Su, gıda, göç: Avrupa Birliği’nin geleceği karanlık!
Ergin Yıldızoğlu
Son Köşe Yazıları

Su, gıda, göç: Avrupa Birliği’nin geleceği karanlık!

04.11.2024 04:00
Güncellenme:
Takip Et:

Küresel su krizi, gıda güvenliğini ve toplumsal istikrarı ciddi şekilde tehdit eden büyük bir sorun haline geliyor. Son raporlara göre küresel tatlı su talebi 2030 yılına kadar arzı yüzde 40 oranında aşacak, önümüzdeki 25 yıl içinde dünyanın gıda üretiminin yarısından fazlası, artan su kıtlığı nedeniyle risk altında (The Turning the tide, Mart 2023; The Economics of water, Ekim 2024) İklim değişikliği; kuraklıklar, seller ve ekosistemlerin yok olması gibi sorunları daha da kötüleştirirken özellikle Küresel Güney’deki birçok bölge su kıtlığı ile karşı karşıya. Bu durum, yaşanmaz hale gelen koşullar nedeniyle kitlesel göç hareketlerini tetikliyor. BM, Mülteciler Yüksek Komiseri Filippo Grandi, geçen yıl 114 milyon insanın savaş, şiddet ve zulüm nedeniyle yerinden edildiğini bildirdi. Bu sayı bu yıl sert bir artışla 130 milyon kişi olarak yenilendi. 

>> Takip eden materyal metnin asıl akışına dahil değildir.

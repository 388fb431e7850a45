// Answers as docs/RULES.md, "Answers", has them: the status number, and the length.
ghost use Rattle.std.specs.Prelude.{◌≡◌};
ghost use Rattle.work.specs.Refusals.{code};
ghost use Rattle.desk.specs.Answers.{status, moved, moved_by, accepts};

use crate::{Answer, Report};
use work::Refusal;

/// The refusal's number of the status table.
pub fn code_of(why: Refusal) -> u8
    ensures { result ≡ code why }
{
    why as u8
}

fn moved_by(r: Report) -> u32
    ensures { result ≡ moved_by r }
{
    match r {
        Report::Moved(n) => n,
        Report::Checked { .. } | Report::Compacted { .. } => 0,
    }
}

/// The answer's number of the status table.
pub fn status_of(a: Answer) -> u8
    ensures { result ≡ status a }
{
    match a {
        Ok(_) => 0x00,
        Err(why) => code_of(why),
    }
}

/// The answer's length.
pub fn moved_of(a: Answer) -> u32
    ensures { result ≡ moved a }
{
    match a {
        Ok(r) => moved_by(r),
        Err(_) => 0,
    }
}

/// Whether the call was carried out.
#[tactic(auto, unfolding(crate::specs::Answers::accepts))]
pub fn accepts(a: Answer) -> bool
    ensures { result ≡ accepts a }
{
    a.is_ok()
}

Afrika, Ortadoğu ve Güney Asya, bu çevresel zorluklardan en fazla etkilenen bölgeler arasında yer alıyor ve bu bölgelerden gelen göçmenler, daha iyi yaşam koşulları aramak amacıyla yurtlarını terk ediyorlar. Özellikle Sahel ve diğer bazı Afrika bölgeleri, toprak ve su kaynaklarının tükenmesi nedeniyle milyonlarca insanı göçe zorlayan bölgeler olarak öne çıkıyor. 

GÖÇMENLER VE FAŞİSTLER

Kapitalizmin yapısal krizi ile iklim krizinden, gelişmiş ülkelerde aşırı tüketimden kaynaklanan su ve gıda krizleri kesişmeye başlayınca, son 20 yılda, çevresel felaketlerden kaçan mülteciler ve göçmenler için Avrupa önemli bir sığınak oldu. Bu durum, sermayeye ucuz içgücü sağlarken Avrupa Birliği üye ülkelerinin bütçeleri üzerinde ve vatandaşlarının günlük yaşamları üzerine yeni siyasi, kültürel baskılar getirdi. Göçmen karşıtı ırkçı faşist partiler Avrupa siyasetinde giderek güçlenmeye başladılar. Almanya’daki Alternatif für Deutschland (AfD) ve Avusturya’nın Özgürlük Partisi (FPÖ) gibi aşırı sağ partiler, göç korkularını siyasette başarıyla kullanarak önemli kazanımlar elde ederek Avrupa’nın siyasi dinamiklerini değiştirmeye başladılar (“Aşırı Sağın Seçim Kazanımları Avrupa’yı Nasıl Değiştiriyor?”, CFR, 15/10/ 2024) 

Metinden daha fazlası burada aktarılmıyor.